Page 1 of 1

same partition after a sequential file stage??

Posted: Wed Apr 27, 2011 12:05 am
by srinivas.nettalam
This is not an interview question and is just for my understanding.

A sequential file stage is executed in parallel(file pattern)
and there is a data link to copy stage and then to dataset.The copy stage by default uses same partition.As per the defintion of same parition it has to apply the preceeding stage's partition but which partition is applied to sequential file stage in this scenario?

Posted: Wed Apr 27, 2011 12:09 am
by ray.wurlod
Partitioning only ever occurs on an input link. How the data are partitioned within the Sequential File stage will depend on a number of factors, but will typically be one file per partition if you have the same number of files as partitions. There are other properties such as "treat as File Set" that can affect the way that this works.

Posted: Wed Apr 27, 2011 12:26 am
by srinivas.nettalam
Thanks Ray for your reply.Partition occurs only on input link but in this scenario what parition would same partition invoke?
Since I am not a premium member ,I could understand from your reply that 1 file per partition at the sequential file stage and the same is applied to copy stage but what about the rows in each file?would they be distributed in round robin?
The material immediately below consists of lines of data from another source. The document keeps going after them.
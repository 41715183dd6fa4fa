ghost use Rattle.std.specs.Prelude.{◌≡◌, ◌*◌, length};
ghost use Rattle.page_codec.specs.Numbers.{numbers_bytes, numbers_of};

use byteorder::{ByteOrder, LittleEndian};

/// Writes the numbers into the whole record, four bytes each.
#[tactic(auto, unfolding(crate::specs::Numbers::numbers_bytes))]
pub(crate) fn write_numbers(numbers: &[u32], bytes: &mut [u8])
    requires length { length bytes.old ≡ 4 * length numbers.now }
    ensures spelling { bytes.new ≡ numbers_bytes numbers.now }
{
    LittleEndian::write_u32_into(numbers, bytes);
}

/// Reads the numbers of the whole record.
pub(crate) fn read_numbers(bytes: &[u8], numbers: &mut [u32])
    requires length { length bytes.now ≡ 4 * length numbers.old }
    ensures numbers { numbers.new ≡ numbers_of (length numbers.old) bytes.now }
{
    LittleEndian::read_u32_into(bytes, numbers);
}
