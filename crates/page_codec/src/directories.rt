ghost use Rattle.std.specs.Prelude.{◌≡◌, List};
ghost use Rattle.geom_core.specs.declared.digests.Digest32.{Digest32};

use dag_core::Heads;
use geom_core::Digest32;
use std::marker::Model;

/// A list of digests; a digest's number is its place. Contracts see the list itself.
#[derive(Debug, Drop)]
pub struct Digests {
    items: Vec<Digest32>,
}

impl Model for Digests {
    ghost Value = { List Digest32 };

    ghost view = { λ digests. digests.items.items };
}

impl Digests {
    /// Returns the list of the vector's digests, without allocating.
    pub fn of(items: Vec<Digest32>) -> Digests
        ensures { result ≡ items.items }
    {
        Digests { items }
    }

    /// The digests, in order.
    pub fn as_slice(&self) -> &[Digest32]
        ensures { result.now ≡ self.now }
    {
        self.items.as_slice()
    }
}

/// The directory of a page file: all of a DAG but its triangles, and what the pages' bytes have to be.
#[derive(Debug, Drop)]
pub struct Directory {
    /// The DAG without its triangles.
    pub heads: Heads,
    /// The SHA-256 digest of each page's bytes, by the page's number.
    pub digests: Digests,
}
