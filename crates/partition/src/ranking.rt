ghost use Rattle.std.specs.Prelude.{◌≡◌, ◌≤◌, IfOk, length, map};
ghost use Rattle.std.specs.List.{enumerate_from};
ghost use Rattle.geom_core.specs.declared.limits.TheConstants.{MAX_TRIANGLES};
ghost use Rattle.partition.specs.Internal.Ranking.{IsRanking};

use geom_core::Memory;
use std::alloc::Global;

/// An item by its key and its number. Items rank by key, then by number.
#[derive(Clone, Copy, Debug, PartialEq, Eq, PartialOrd, Ord)]
struct Keyed {
    /// The item's Morton key.
    key: u64,
    /// The item's position in the list of keys, from 0.
    number: u32,
}

/// The numbers of the items with these keys, the least in rank first.
pub(crate) fn ranking(alloc: Global, keys: &[u64]) -> Result<Vec<u32>, Memory>
    requires { length keys.now ≤ MAX_TRIANGLES }
    ensures { IfOk result (λ order. IsRanking keys.now order.items) }
{
    let mut items = numbered(alloc, keys)?;
    items.sort_unstable();
    numbers(alloc, &items)
}

/// Each key with its number.
fn numbered(alloc: Global, keys: &[u64]) -> Result<Vec<Keyed>, Memory>
    requires { length keys.now ≤ MAX_TRIANGLES }
    ensures { IfOk result (λ items.
        items.items ≡ map (λ p. record { key = p.1; number = p.0 }) (enumerate_from 0 keys.now)) }
{
    let mut items = Vec::with_capacity(alloc, keys.len())?;
    for (number, key) in keys.iter().enumerate() {
        items.push(Keyed {
            key: *key,
            number: number as u32,
        })?;
    }
    Ok(items)
}

/// The numbers of the items, in their order.
fn numbers(alloc: Global, items: &[Keyed]) -> Result<Vec<u32>, Memory>
    ensures { IfOk result (λ order. order.items ≡ map (λ item. item.number) items.now) }
{
    Ok(items.iter().map(|item| item.number).collect(alloc)?)
}
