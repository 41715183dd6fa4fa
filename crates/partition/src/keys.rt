ghost use Rattle.std.specs.Prelude.{◌≡◌, ◌<◌, ◌^◌, slice_index};
ghost use Rattle.std.specs.Int.{int_min};
ghost use Rattle.geom_core.specs.Boxes.{low_of};
ghost use Rattle.geom_core.specs.Limits.{IsGridCoordinate, IsGridPoint};
ghost use Rattle.partition.specs.Morton.{cell_of, morton_of, spread_bits};

use geom_core::Pt;
use geom_core::limits::MAX_COORDINATE;

/// Bits of a cell's number: a coordinate is in one of the 2^20 + 1 cells from 0 on.
const CELL_BITS: u32 = 21;

/// Bits that one entry of `SPREAD` spreads apart, a third of those of a cell.
const TABLE_BITS: u32 = 7;

/// Entries of `SPREAD`.
const TABLE_LEN: u32 = 1 << TABLE_BITS;

/// Weight of the middle bits of a cell's number once they are spread apart.
const MIDDLE_WEIGHT: u64 = 1 << (3 * TABLE_BITS);

/// Weight of the highest bits of a cell's number once they are spread apart.
const HIGH_WEIGHT: u64 = 1 << (6 * TABLE_BITS);

/// Bits of a cell's number once it is spread apart: two zeros between any two bits.
const SPREAD_BITS: u32 = 3 * CELL_BITS - 2;

/// The bits of the numbers below `TABLE_LEN`, spread apart: bit i of a number is bit 3i of its
/// entry, so in octal an entry has the digits that the number has in binary.
const SPREAD: [u32; TABLE_LEN as usize] = [
    0o0, 0o1, 0o10, 0o11, 0o100, 0o101, 0o110, 0o111, 0o1000, 0o1001, 0o1010, 0o1011, 0o1100,
    0o1101, 0o1110, 0o1111, 0o10000, 0o10001, 0o10010, 0o10011, 0o10100, 0o10101, 0o10110, 0o10111,
    0o11000, 0o11001, 0o11010, 0o11011, 0o11100, 0o11101, 0o11110, 0o11111, 0o100000, 0o100001,
    0o100010, 0o100011, 0o100100, 0o100101, 0o100110, 0o100111, 0o101000, 0o101001, 0o101010,
    0o101011, 0o101100, 0o101101, 0o101110, 0o101111, 0o110000, 0o110001, 0o110010, 0o110011,
    0o110100, 0o110101, 0o110110, 0o110111, 0o111000, 0o111001, 0o111010, 0o111011, 0o111100,
    0o111101, 0o111110, 0o111111, 0o1000000, 0o1000001, 0o1000010, 0o1000011, 0o1000100, 0o1000101,
    0o1000110, 0o1000111, 0o1001000, 0o1001001, 0o1001010, 0o1001011, 0o1001100, 0o1001101,
    0o1001110, 0o1001111, 0o1010000, 0o1010001, 0o1010010, 0o1010011, 0o1010100, 0o1010101,
    0o1010110, 0o1010111, 0o1011000, 0o1011001, 0o1011010, 0o1011011, 0o1011100, 0o1011101,
    0o1011110, 0o1011111, 0o1100000, 0o1100001, 0o1100010, 0o1100011, 0o1100100, 0o1100101,
    0o1100110, 0o1100111, 0o1101000, 0o1101001, 0o1101010, 0o1101011, 0o1101100, 0o1101101,
    0o1101110, 0o1101111, 0o1110000, 0o1110001, 0o1110010, 0o1110011, 0o1110100, 0o1110101,
    0o1110110, 0o1110111, 0o1111000, 0o1111001, 0o1111010, 0o1111011, 0o1111100, 0o1111101,
    0o1111110, 0o1111111,
];

/// Returns the Morton key of a point (Morton 1966): the bits of its cells on the three axes interleaved, x lowest.
///
/// A cell is two grid steps wide, so that its number has 21 bits and the key 63; up to eight neighbouring
/// points have one key. Points near one another mostly have keys near one another.
pub fn morton(p: Pt) -> u64
    requires { IsGridPoint p }
    ensures { result ≡ morton_of p }
{
    spread(cell(p.x)) + 2 * spread(cell(p.y)) + 4 * spread(cell(p.z))
}

/// The low corner of the box of two points.
pub(crate) fn low_between(p: Pt, q: Pt) -> Pt
    requires p { IsGridPoint p }
    requires q { IsGridPoint q }
    ensures corner { result ≡ low_of p q }
    ensures corner_range { IsGridPoint result }
{
    Pt {
        x: lesser(p.x, q.x),
        y: lesser(p.y, q.y),
        z: lesser(p.z, q.z),
    }
}

/// The lesser of two coordinates.
fn lesser(m: i32, n: i32) -> i32
    requires m { IsGridCoordinate m }
    requires n { IsGridCoordinate n }
    ensures lesser { result ≡ int_min m n }
    ensures coordinate_range { IsGridCoordinate result }
{
    m.min(n)
}

/// The number of the cell that a coordinate is in, from 0.
fn cell(n: i32) -> u32
    requires { IsGridCoordinate n }
    ensures cell { result ≡ cell_of n }
    ensures cell_limit { result < 2 ^ CELL_BITS }
{
    (n + MAX_COORDINATE as i32) as u32 / 2
}

/// The bits of a number below `TABLE_LEN`, spread apart.
fn spread_seven(bits: u32) -> u64
    requires { bits < TABLE_LEN }
    ensures entry { result ≡ slice_index SPREAD bits }
{
    SPREAD[bits as usize] as u64
}

/// The bits of a cell's number, spread apart: bit i is bit 3i of the result.
fn spread(bits: u32) -> u64
    requires { bits < 2 ^ CELL_BITS }
    ensures spread { result ≡ spread_bits CELL_BITS bits }
    ensures spread_limit { result < 2 ^ SPREAD_BITS }
{
    let low = spread_seven(bits % TABLE_LEN);
    let middle = spread_seven(bits / TABLE_LEN % TABLE_LEN);
    let high = spread_seven(bits / TABLE_LEN / TABLE_LEN);
    low + MIDDLE_WEIGHT * middle + HIGH_WEIGHT * high
}
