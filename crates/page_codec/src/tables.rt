ghost use Rattle.std.specs.Prelude.{◌≡◌, ◌≤◌, ◌*◌, ◌++◌, ℕ, List, length, IfOk, OnOk};
ghost use Rattle.std.specs.List.{flat_map};
ghost use Rattle.page_codec.specs.Numbers.{records};

use geom_core::Memory;
use std::alloc::Global;

/// What a page file has as records of one size.
pub(crate) trait Record: Copy {
    /// The bytes of a record.
    ghost size: { ℕ };

    /// What a record's bytes read as.
    ghost reads: { List ℕ → Self };

    /// What a record spells.
    ghost spells: { Self → List ℕ };

    /// Returns the bytes of a record.
    fn size() -> usize
        ensures size { result ≡ size };

    /// Reads one record.
    fn read(bytes: &[u8]) -> Self
        requires length { length bytes.now ≡ size }
        ensures item { result ≡ reads bytes.now };

    /// Appends the record.
    fn append(self, out: &mut Vec<u8>) -> Result<(), Memory>
        ensures appended { OnOk result (out.new.items ≡ out.old.items ++ spells self) };
}

/// Reads `count` records from the start of the bytes.
pub(crate) fn read_records<R: Record>(
    alloc: Global,
    bytes: &[u8],
    count: usize,
) -> Result<Vec<R>, Memory>
    requires length { R.size * count ≤ length bytes.now }
    ensures records { IfOk result (λ items. items.items ≡ records R.reads R.size count bytes.now) }
{
    let mut items = Vec::with_capacity(alloc, count)?;
    let mut rest = bytes;
    'records: for k in 0..count {
        let (record, tail) = rest.split_at(R::size());
        items.push(R::read(record))?;
        rest = tail;
    }
    Ok(items)
}

/// Appends the records in order.
pub(crate) fn append_records<R: Record>(records: &[R], out: &mut Vec<u8>) -> Result<(), Memory>
    ensures appended { OnOk result (out.new.items ≡ out.old.items ++ flat_map R.spells records.now) }
{
    'records: for record in records {
        record.append(out)?;
    }
    Ok(())
}
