//! Triangle geometry on an integer grid: the plain types, the limits, and the definitions that every other
//! crate cites, of boxes, distances, edge sums, projection, winding, depth and the picture.
//!
//! All geometry is exact: coordinates are whole grid steps, screen positions whole sixteenths of a pixel. The
//! definitions are in `specs/`, one idea a file. `laws` and `box_laws` state what follows from them, as functions
//! without a body; worked examples are in `proofs/`.
#![tactic(auto)]

pub mod box_laws;
mod boxes;
mod digests;
mod distances;
pub mod laws;
pub mod limits;
mod lists;
mod out_of_memory;
mod points;
mod screens;
mod tagged_tris;
mod triangles;
mod views;
mod windings;

pub use boxes::Cube;
pub use digests::Digest32;
pub use distances::cheb;
pub use lists::{Nums, Words};
pub use out_of_memory::Memory;
pub use points::{Pt, points_are_ordered};
pub use screens::{Size, Spot};
pub use tagged_tris::TaggedTris;
pub use triangles::{Tagged, Tri};
pub use views::Lens;
pub use windings::divisor_is_not_zero;
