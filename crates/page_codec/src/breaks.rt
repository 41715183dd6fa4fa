ghost use Rattle.std.specs.Prelude.{◌≡◌};
ghost use Rattle.page_codec.specs.declared.breaks.Refused.TheVariants as refusals;

use geom_core::Memory;

/// A rule of the grammar that bytes break, and where.
#[derive(Clone, Copy, Debug, PartialEq, Eq)]
pub struct Break {
    /// The rule's number: 1 to 4 in a page, 1 to 7 in a directory.
    pub rule: u8,
    /// The place of what breaks it, in bytes from the start of the page or of the directory: that of the whole
    /// triangle or record, but of the byte itself in a page's tail.
    pub offset: u32,
}

/// Why bytes were not decoded. `Bad` comes exactly where they break a rule, unless memory runs out.
#[derive(Clone, Copy, Debug, PartialEq, Eq)]
pub enum Refused {
    /// They break a rule; this is the first break.
    Bad(Break),
    /// Out of memory.
    Memory,
}

impl From<Memory> for Refused {
    ghost from_gives = { λ shortage refused. refused ≡ refusals.Memory };

    fn from(_shortage: Memory) -> Refused {
        Refused::Memory
    }
}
Posted: Wed Apr 27, 2011 4:31 am
by zulfi123786
when you have "same" pratitioning set on the copy stage i/p link, it means that the i/p link of copy stage should not attempt a re-partitioning. what ever records are placed in what ever partitions they would remain in their respective partitions unless you have any node map/ node pool constraints set on the copy stage.

Regarding the partitioning at seq file stage, as ray said it should be as one file per partition else a round robin which is the default one in most cases.